Prove that the k-fold cross validation error is an almost unbiased estimate of the risk

496 Views Asked by At

In the setting of linear regression:

The prediction error using k-fold cross-validation is given by : \begin{equation}\label{eq1} \begin{split} err_{k-fold} = \frac{1}{k} \sum_{i=1}^{k} \frac{1}{n/k}\sum_{j\in ind[i]}l(h_{D_{(-i)}}(x_j),y_j) \end{split} \end{equation}

Where $h_{D_{(-i)}}$ means that the model has been trained on all the fold except the ith one

I want to show that :

\begin{equation}\label{eq2} \begin{split} \mathop{\mathbb{E}}_{D\sim p}\left[ err_{k-fold}\right] = \mathop{\mathbb{E}}_{{D'\sim p} |{(x,y)\sim}p}\left[ (y-h_{D'}(x))^2. \right] \end{split} \end{equation}

Where $D$ is a dataset of size n and $D'$ is a dataset of size $n-\frac{n}{k}$

And then prove that the $err_{k-fold}$ is an almost unbiased estimate of the risk of $h_D$


My approach was to try to compute the expectation of $err_{k-fold}$ and use the fact that D and D' are sampled from the same distribution. but I am lost.
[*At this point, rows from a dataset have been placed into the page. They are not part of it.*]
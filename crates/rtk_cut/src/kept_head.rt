//! The header of a file with some of its systems alone.

ghost use Rattle.std.specs.Prelude.{◌≡◌, ◌≢◌, ◌≤◌, [], length, IfSome, MatchOption};
ghost use Rattle.rtk_rinex.specs.MixedHead.{TellsGlonass};
ghost use Rattle.rtk_rinex.specs.MixedTable.{MixedTable, IsMixedTable, mixed_table_text};
ghost use Rattle.rtk_cut.specs.KeptSystems.{kept_codes, kept_glonass, kept_head, has_code_of, is_absent, first_absent};

use arrayvec::ArrayVec;
use rtk_message::System;
use rtk_obs::AnyCode;
use rtk_rinex::{CreationTime, Glonass, Marker, MixedHead, MixedTextTable, SystemFlags};

// The codes of these systems, in their order.
fn kept_codes(kept: SystemFlags, listed: &[AnyCode]) -> ArrayVec<AnyCode, 69>
    requires { length listed.now ≤ 69 }
    ensures value { result.items ≡ kept_codes kept listed.now }
    ensures few { length result.items ≤ length listed.now }
{
    let mut codes = ArrayVec::new();
    for code in listed {
        if kept.has(code.system()) && codes.try_push(*code).is_err() {
            unreachable!();
        }
    }
    codes
}

// What a head tells of GLONASS, if GLONASS is kept.
fn kept_glonass(kept: SystemFlags, head: &MixedHead) -> Option<Glonass>
    ensures value { result ≡ kept_glonass kept head.now.glonass }
    ensures due { TellsGlonass head.now.listed head.now.glonass }
{
    let told = head.glonass();
    if kept.glonass { told } else { None }
}

/// A head with the codes of these systems alone; `None` if there is no such code.
pub(crate) fn kept_head(kept: SystemFlags, head: &MixedHead) -> Option<MixedHead>
    ensures head { MatchOption result (kept_codes kept head.now.listed ≡ []) (λ h. h ≡ kept_head kept head.now) }
    ensures some { IfSome result (λ h. kept_codes kept head.now.listed ≢ []) }
{
    let codes = kept_codes(kept, head.codes());
    if codes.len() == 0 {
        return None;
    }
    let glonass = kept_glonass(kept, head);
    let (Ok(marker), Ok(made)) = (Marker::new(head.marker()), CreationTime::new(head.made())) else {
        unreachable!()
    };
    let Ok(narrow) = MixedHead::new(marker, codes.as_slice(), glonass, made) else {
        unreachable!()
    };
    Some(narrow.with_doppler_if(head.has_doppler()))
}

// Is some of the codes of a system?
fn has_code_of(listed: &[AnyCode], system: System) -> bool
    ensures { result ≡ has_code_of listed.now system }
{
    for code in listed {
        if code.system() == system {
            return true;
        }
    }
    false
}

// Is a system kept of which there is no code?
fn is_absent(kept: SystemFlags, listed: &[AnyCode], system: System) -> bool
    ensures { result ≡ is_absent kept listed.now system }
{
    kept.has(system) && !has_code_of(listed, system)
}

// The first system that is kept and of which there is no code.
fn first_absent_of(kept: SystemFlags, listed: &[AnyCode]) -> Option<System>
    ensures { result ≡ first_absent kept listed.now }
{
    if is_absent(kept, listed, System::Gps) {
        return Some(System::Gps);
    }
    if is_absent(kept, listed, System::Glonass) {
        return Some(System::Glonass);
    }
    if is_absent(kept, listed, System::Galileo) {
        return Some(System::Galileo);
    }
    if is_absent(kept, listed, System::Beidou) {
        return Some(System::Beidou);
    }
    if is_absent(kept, listed, System::Qzss) {
        return Some(System::Qzss);
    }
    if is_absent(kept, listed, System::Sbas) {
        return Some(System::Sbas);
    }
    if is_absent(kept, listed, System::Navic) {
        return Some(System::Navic);
    }
    None
}

/// The first system, in the order of a file, that is to be kept and of which the file has no code.
pub fn first_absent(table: &MixedTextTable<'_>, kept: SystemFlags) -> Option<System>
    ensures { (t : MixedTable) → IsMixedTable t → table.now.text ≡ mixed_table_text t → result ≡ first_absent kept t.head.listed }
{
    first_absent_of(kept, table.heading().head.codes())
}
Can you please help me?

Thanks

1

There are 1 best solutions below

2
On BEST ANSWER

By linearity of expectation, you can push the expectation into the sum $$E[\text{err}_k] = \frac{1}{k} \sum_{i=1}^k \frac{1}{n/k} \sum_{j \in \text{fold}_i} E[l(h_{D_{-i}}(x_j), y_j)].$$ The value of the inner expectation is precisely equal to $$\underset{\substack{D' \sim p \\ (x,y) \sim p}}{E}[l(h_{D'}(x), y)]$$ regardless of the value of $i$ and $j$. So the double sum is just an average of $n$ copies of the same quantity.